Stored data entries:
// The accesses to the event flags. Each one checks P1 to P3 as well, and none requires a privilege.
ghost use Rattle.std.specs.Prelude.{◌≡◌, []};
ghost use Rattle.std.specs.Result.{result_map_both};
ghost use Rattle.hv_policy.specs.Flat.{Flat};
ghost use Rattle.hv_policy.specs.declared.event.Action.TheVariants as action;
ghost use Rattle.hv_admit.specs.Access.{IsAnswered};
ghost use Rattle.hv_admit.specs.Tie.{Refines};

use crate::effects::flag_cleared;
use hv_admit::{Effect, Partitions, caller_vp};
use hv_defs::{EVENT_FLAGS, SINTS};
use hv_policy::{Caller, Output, Rule};
use std::alloc::Allocator;

/// Reads the event flags of one of the caller's SINTs. The output is 256 bytes.
#[tactic(auto, using(hv_tree::proofs::Laws::unchanged))]
pub fn read_flags<A: Allocator>(
    tree: &mut Partitions<A>,
    by: Caller,
    sint: u8,
    output: &mut Output,
) -> Result<Effect, Rule>
    requires { output.old ≡ [] }
    ensures { (f : Flat) → Refines tree.old f → IsAnswered {A = A} f by (action.ReadFlags sint) tree.old
        (result_map_both (λ effect. (output.new, effect)) (λ rule. rule) result) tree.new }
{
    let vp = caller_vp(tree, by)?;
    if u32::from(sint) >= SINTS {
        return Err(Rule::Operand);
    }
    output.extend_from_slice(&vp.flags(sint));
    Ok(Effect::Nothing)
}

/// Clears an event flag of one of the caller's SINTs.
#[tactic(auto, using(hv_tree::proofs::Laws::unchanged))]
pub fn clear_flag<A: Allocator>(
    tree: &mut Partitions<A>,
    by: Caller,
    sint: u8,
    flag: u16,
) -> Result<Effect, Rule>
    ensures { (f : Flat) → Refines tree.old f → IsAnswered {A = A} f by (action.ClearFlag sint flag) tree.old
        (result_map_both (λ effect. ([], effect)) (λ rule. rule) result) tree.new }
{
    let vp = caller_vp(tree, by)?;
    if u32::from(sint) >= SINTS {
        return Err(Rule::Operand);
    }
    if u32::from(flag) >= EVENT_FLAGS {
        return Err(Rule::Operand);
    }
    let was_set = vp.has_flag(sint, flag);
    vp.clear_flag(sint, flag);
    Ok(flag_cleared(by.part, by.vp, sint, flag, was_set))
}
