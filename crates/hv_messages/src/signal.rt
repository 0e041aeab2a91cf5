// HvSignalEvent.
ghost use Rattle.std.specs.Prelude.{◌≡◌, ◌&&◌, [], ℕ, nat_lt, None, Some, IfErr, IfOk};
ghost use Rattle.hv_calls.specs.declared.call.Call.TheVariants as call;
ghost use Rattle.hv_defs.specs.declared.port_kind.PortKind.TheVariants as port_type;
ghost use Rattle.hv_policy.specs.Flat.{Flat};
ghost use Rattle.hv_policy.specs.Met.{is_kind};
ghost use Rattle.hv_admit.specs.Done.{HasServed};
ghost use Rattle.hv_admit.specs.Served.{unmet_further};
ghost use Rattle.hv_admit.specs.Tie.{Refines};
ghost use Rattle.hv_tree.specs.Rows.{content};
ghost use Rattle.hv_messages.specs.ResolvedPort.{IsAimed, MayDeliver};

use crate::aims::{Aimed, resolve_connection, select_vp};
use crate::effects::signalled;
use hv_admit::{Effect, Partitions};
use hv_defs::PortKind;
use hv_partition::Partition;
use hv_policy::Rule;
use hv_ports::Port;
use std::alloc::Allocator;

/// Checks P16 to P22, and returns where the flag is.
pub fn ask_signal<A: Allocator>(
    tree: &Partitions<A>,
    caller: &Partition<A>,
    connection: u32,
    flag: u16,
) -> Result<Aimed, Rule>
    ensures aimed { IfOk result (λ aimed. (f : Flat) (by : ℕ) → content tree.now by ≡ Some caller.now
        → Refines tree.now f → (unmet_further f by (call.SignalEvent connection flag) ≡ None)
        × IsAimed f (by, connection) port_type.Event aimed) }
    ensures unmet { IfErr result (λ rule. (f : Flat) (by : ℕ) → content tree.now by ≡ Some caller.now
        → Refines tree.now f → unmet_further f by (call.SignalEvent connection flag) ≡ Some rule) }
{
    let (to, home) = resolve_connection(tree, caller, connection)?;
    if !has_flag(to.port, flag) {
        return Err(Rule::Operand);
    }
    let Some(vp) = select_vp(home, to, PortKind::Event) else {
        return Err(Rule::VpReady);
    };
    Ok(Aimed { to, vp })
}

// P21: whether the port takes event flags and has one with this number.
fn has_flag(port: Port, flag: u16) -> bool
    ensures { result ≡ is_kind port.kind port_type.Event && nat_lt flag port.count }
{
    match port.kind {
        PortKind::Message => false,
        PortKind::Event => flag < port.count,
    }
}

/// HvSignalEvent: sets an event flag of the SINT at which the connection's port aims.
///
/// `flag` counts from the port's first flag. The SINT is that of the processor at which the port aims, or
/// for `Aim::Any` of the lowest processor that is ready for event flags. If the flag was clear, the SINT
/// raises its vector.
#[tactic(auto, using(hv_tree::proofs::Laws::unchanged))]
pub fn do_signal<A: Allocator>(
    tree: &mut Partitions<A>,
    caller: u64,
    connection: u32,
    aimed: Aimed,
    flag: u16,
) -> Effect
    requires { MayDeliver tree.old caller connection port_type.Event (call.SignalEvent connection flag)
        aimed }
    ensures { (f : Flat) → Refines tree.old f
        → HasServed f caller (call.SignalEvent connection flag) [] result tree.new }
{
    let Aimed { to, vp: index } = aimed;
    let Some(home) = tree.get_mut(to.conn.part) else {
        unreachable!()
    };
    let Some(vp) = home.vp_mut(index) else {
        unreachable!()
    };
    let sint = to.port.sint as u8;
    let place = to.port.base + flag;
    let was_set = vp.has_flag(sint, place);
    vp.signal(sint, place);
    signalled(to.conn.part, index, sint, place, vp, was_set)
}
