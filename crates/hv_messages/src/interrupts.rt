// The access to the pending interrupts. It checks P1 to P3 as well, and requires no privilege.
ghost use Rattle.std.specs.Prelude.{◌≡◌, []};
ghost use Rattle.std.specs.Result.{result_map_both};
ghost use Rattle.hv_policy.specs.Flat.{Flat};
ghost use Rattle.hv_policy.specs.declared.event.Action.TheVariants as action;
ghost use Rattle.hv_admit.specs.Access.{IsAnswered};
ghost use Rattle.hv_admit.specs.Tie.{Refines};

use crate::effects::taken;
use hv_admit::{Effect, Partitions, caller_vp};
use hv_policy::{Caller, Output, Rule};
use std::alloc::Allocator;

/// Takes the highest vector that is pending at the caller.
///
/// The output is 1 byte: the vector, or 0 if none is pending.
#[tactic(auto, using(hv_tree::proofs::Laws::unchanged))]
pub fn take_interrupt<A: Allocator>(
    tree: &mut Partitions<A>,
    by: Caller,
    output: &mut Output,
) -> Result<Effect, Rule>
    requires { output.old ≡ [] }
    ensures { (f : Flat) → Refines tree.old f → IsAnswered {A = A} f by action.TakeInterrupt tree.old
        (result_map_both (λ effect. (output.new, effect)) (λ rule. rule) result) tree.new }
{
    let vp = caller_vp(tree, by)?;
    let vector = vp.take_interrupt();
    output.extend_from_slice(&[vector.unwrap_or(0)]);
    Ok(taken(by.part, by.vp, vector))
}
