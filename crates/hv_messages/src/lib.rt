//! Messages, event flags and interrupts (TLFS 4.0, "Inter-Partition Communication" and "Synthetic
//! Interrupt Controller"): posting and signalling through a connection, and a processor's accesses to
//! everything that arrived at its own SINTs.
//!
//! A call is asked, then done. `ask_x` checks the call's own rules on the caller that `hv_admit::admit`
//! found, in the policy's order, and returns where the message or the flag goes. `do_x` requires that all
//! rules hold. It reserves the room that it needs, changes the tree and returns the effect (`IsDone`). An
//! access has one public function, which checks P1 to P3 by `hv_admit::caller_vp` (`IsAnswered`).
#![tactic(auto)]

mod aims;
mod effects;
mod flags;
mod interrupts;
mod post;
mod signal;
mod slots;

pub use aims::{Aimed, ResolvedPort};
pub use flags::{clear_flag, read_flags};
pub use interrupts::take_interrupt;
pub use post::{ask_post, do_post};
pub use signal::{ask_signal, do_signal};
pub use slots::{clear_slot, read_slot};
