// The accesses to a message slot. Each one checks P1 to P3 as well, and none requires a privilege.
ghost use Rattle.std.specs.Prelude.{◌≡◌, []};
ghost use Rattle.std.specs.Result.{result_map_both};
ghost use Rattle.hv_policy.specs.Flat.{Flat};
ghost use Rattle.hv_policy.specs.declared.event.Action.TheVariants as action;
ghost use Rattle.hv_admit.specs.Access.{IsAnswered};
ghost use Rattle.hv_admit.specs.Tie.{Refines};

use crate::effects::slot_cleared;
use hv_admit::{Effect, Partitions, caller_vp};
use hv_defs::SINTS;
use hv_policy::{Caller, Output, Rule};
use std::alloc::Allocator;

/// Reads the message slot of one of the caller's SINTs. The output is 256 bytes.
#[tactic(auto, using(hv_tree::proofs::Laws::unchanged))]
pub fn read_slot<A: Allocator>(
    tree: &mut Partitions<A>,
    by: Caller,
    sint: u8,
    output: &mut Output,
) -> Result<Effect, Rule>
    requires { output.old ≡ [] }
    ensures { (f : Flat) → Refines tree.old f → IsAnswered {A = A} f by (action.ReadSlot sint) tree.old
        (result_map_both (λ effect. (output.new, effect)) (λ rule. rule) result) tree.new }
{
    let vp = caller_vp(tree, by)?;
    if u32::from(sint) >= SINTS {
        return Err(Rule::Operand);
    }
    output.extend_from_slice(&vp.slot(sint));
    Ok(Effect::Nothing)
}

/// Removes the message that one of the caller's SINTs shows, if it shows one.
///
/// No other message is shown in its place.
#[tactic(auto, using(hv_tree::proofs::Laws::unchanged))]
pub fn clear_slot<A: Allocator>(
    tree: &mut Partitions<A>,
    by: Caller,
    sint: u8,
) -> Result<Effect, Rule>
    ensures { (f : Flat) → Refines tree.old f → IsAnswered {A = A} f by (action.ClearSlot sint) tree.old
        (result_map_both (λ effect. ([], effect)) (λ rule. rule) result) tree.new }
{
    let vp = caller_vp(tree, by)?;
    if u32::from(sint) >= SINTS {
        return Err(Rule::Operand);
    }
    let port = vp.shown(sint);
    vp.clear_slot(sint);
    Ok(slot_cleared(by.part, by.vp, sint, port))
}
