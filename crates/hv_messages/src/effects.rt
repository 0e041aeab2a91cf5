// The effect of each change at a processor. The last argument says what the processor read before the change
// or, for a post, what the change returned.
ghost use Rattle.std.specs.Prelude.{◌≡◌, ◌<◌, false, option_map};
ghost use Rattle.std.specs.FinSet as set;
ghost use Rattle.hv_defs.specs.Vectors.{highest};
ghost use Rattle.hv_defs.specs.declared.sizes.TheConstants.{SINTS};
ghost use Rattle.hv_admit.specs.Effect.{Tells, quiet as quiet_of};
ghost use Rattle.hv_mail.specs.Mail.{at, has_next, with_last};
ghost use Rattle.hv_mail.specs.declared.message.Message.{Message};
ghost use Rattle.hv_policy.specs.Effect.{post, row_signalled, with_vp};
ghost use Rattle.hv_policy.specs.Flat.{Flat};
ghost use Rattle.hv_policy.specs.Mail.{cleared};
ghost use Rattle.hv_admit.specs.Tie.{here, mail_row};
ghost use Rattle.hv_vp.specs.Vp.{VpState};
ghost use Rattle.hv_messages.specs.Processor.{HasState, interrupted, without_flag};

use hv_admit::{Effect, FlagChange, Synic};
use hv_mail::Pending;
use hv_vp::Vp;
use std::alloc::Allocator;

// Returns the effect of a post at a SINT below 16 of the processor. `shown` says whether a message became
// shown.
#[tactic(auto, using(crate::proofs::VpEffects::shows_told, crate::proofs::VpEffects::waits_told))]
pub fn posted<A: Allocator>(part: u64, index: u32, sint: u8, vp: &Vp<A>, shown: bool) -> Effect
    requires { sint < SINTS }
    ensures { (f : Flat) (v : VpState) (message : Message) → HasState f part index v
        → vp.now.registers ≡ v.registers → shown ≡ has_next (with_last (at v.mail sint) message)
        → Tells result f (post (mail_row (here part index sint) false message) f) }
{
    if !shown {
        return Effect::Synic(Synic {
            waiting: Some(sint),
            ..quiet(part, index)
        });
    }
    let mut raised = Pending::new();
    vp.add_vector(sint, &mut raised);
    Effect::Synic(Synic {
        shown: 1 << sint,
        raised,
        ..quiet(part, index)
    })
}

// Returns the effect of setting an event flag of a SINT below 16 of the processor. `was_set` says whether it
// was set before.
pub fn signalled<A: Allocator>(
    part: u64,
    index: u32,
    sint: u8,
    flag: u16,
    vp: &Vp<A>,
    was_set: bool,
) -> Effect
    requires { sint < SINTS }
    ensures { (f : Flat) (v : VpState) → HasState f part index v → vp.now.registers ≡ v.registers
        → was_set ≡ set.contains v.flags (sint, flag)
        → Tells result f (record f { vp = with_vp f.vp (part, index) (row_signalled sint flag) }) }
{
    if was_set {
        return Effect::Nothing;
    }
    let mut raised = Pending::new();
    vp.add_vector(sint, &mut raised);
    Effect::Synic(Synic {
        flag: Some(FlagChange {
            sint,
            flag,
            is_set: true,
        }),
        raised,
        ..quiet(part, index)
    })
}

// Returns the effect of clearing an event flag of the processor. `was_set` says whether it was set before.
pub fn flag_cleared(part: u64, index: u32, sint: u8, flag: u16, was_set: bool) -> Effect
    ensures { (f : Flat) (v : VpState) → HasState f part index v → was_set ≡ set.contains v.flags (sint, flag)
        → Tells result f (record f { vp = with_vp f.vp (part, index) (without_flag sint flag) }) }
{
    if !was_set {
        return Effect::Nothing;
    }
    Effect::Synic(Synic {
        flag: Some(FlagChange {
            sint,
            flag,
            is_set: false,
        }),
        ..quiet(part, index)
    })
}

// Returns the effect of removing the message that a SINT below 16 of the processor shows. `port` is the id of
// its port, or `None` if the SINT shows no message.
#[tactic(auto, using(crate::proofs::VpEffects::again_told))]
pub fn slot_cleared(part: u64, index: u32, sint: u8, port: Option<u32>) -> Effect
    requires { sint < SINTS }
    ensures { (f : Flat) (v : VpState) → HasState f part index v
        → port ≡ option_map (λ message. message.port) (at v.mail sint).slot
        → Tells result f (record f { mail = cleared (here part index sint) f.mail }) }
{
    let Some(port) = port else {
        return Effect::Nothing;
    };
    Effect::Synic(Synic {
        shown: 1 << sint,
        freed: Some(port),
        ..quiet(part, index)
    })
}

// Returns the effect of taking the highest pending vector of the processor. `vector` is that vector, or
// `None` if none is pending.
pub fn taken(part: u64, index: u32, vector: Option<u8>) -> Effect
    ensures { (f : Flat) (v : VpState) → HasState f part index v → vector ≡ highest v.pending
        → Tells result f (record f { vp = with_vp f.vp (part, index) interrupted }) }
{
    let Some(vector) = vector else {
        return Effect::Nothing;
    };
    Effect::Synic(Synic {
        taken: Some(vector),
        ..quiet(part, index)
    })
}

// Returns the effect at a processor that names nothing.
fn quiet(part: u64, vp: u32) -> Synic
    ensures { result ≡ quiet_of part vp }
{
    Synic {
        part,
        vp,
        shown: 0,
        waiting: None,
        flag: None,
        raised: Pending::new(),
        taken: None,
        freed: None,
    }
}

(Your objective):
Of all the entries above, output exactly the lines between the one holding "by action.TakeInterrupt tree.old" and the one holding "Reads the message", inclusive.

(Written answer):
    ensures { (f : Flat) → Refines tree.old f → IsAnswered {A = A} f by action.TakeInterrupt tree.old
        (result_map_both (λ effect. (output.new, effect)) (λ rule. rule) result) tree.new }
{
    let vp = caller_vp(tree, by)?;
    let vector = vp.take_interrupt();
    output.extend_from_slice(&[vector.unwrap_or(0)]);
    Ok(taken(by.part, by.vp, vector))
}
filename crates/hv_messages/src/lib.rt
//! Messages, event flags and interrupts (TLFS 4.0, "Inter-Partition Communication" and "Synthetic
//! Interrupt Controller"): posting and signalling through a connection, and a processor's accesses to
//! everything that arrived at its own SINTs.
//!
//! A call is asked, then done. `ask_x` checks the call's own rules on the caller that `hv_admit::admit`
//! found, in the policy's order, and returns where the message or the flag goes. `do_x` requires that all
//! rules hold. It reserves the room that it needs, changes the tree and returns the effect (`IsDone`). An
//! access has one public function, which checks P1 to P3 by `hv_admit::caller_vp` (`IsAnswered`).
#![tactic(auto)]

mod aims;
mod effects;
mod flags;
mod interrupts;
mod post;
mod signal;
mod slots;

pub use aims::{Aimed, ResolvedPort};
pub use flags::{clear_flag, read_flags};
pub use interrupts::take_interrupt;
pub use post::{ask_post, do_post};
pub use signal::{ask_signal, do_signal};
pub use slots::{clear_slot, read_slot};
// The accesses to a message slot. Each one checks P1 to P3 as well, and none requires a privilege.
ghost use Rattle.std.specs.Prelude.{◌≡◌, []};
ghost use Rattle.std.specs.Result.{result_map_both};
ghost use Rattle.hv_policy.specs.Flat.{Flat};
ghost use Rattle.hv_policy.specs.declared.event.Action.TheVariants as action;
ghost use Rattle.hv_admit.specs.Access.{IsAnswered};
ghost use Rattle.hv_admit.specs.Tie.{Refines};

use crate::effects::slot_cleared;
use hv_admit::{Effect, Partitions, caller_vp};
use hv_defs::SINTS;
use hv_policy::{Caller, Output, Rule};
use std::alloc::Allocator;

/// Reads the message slot of one of the caller's SINTs. The output is 256 bytes.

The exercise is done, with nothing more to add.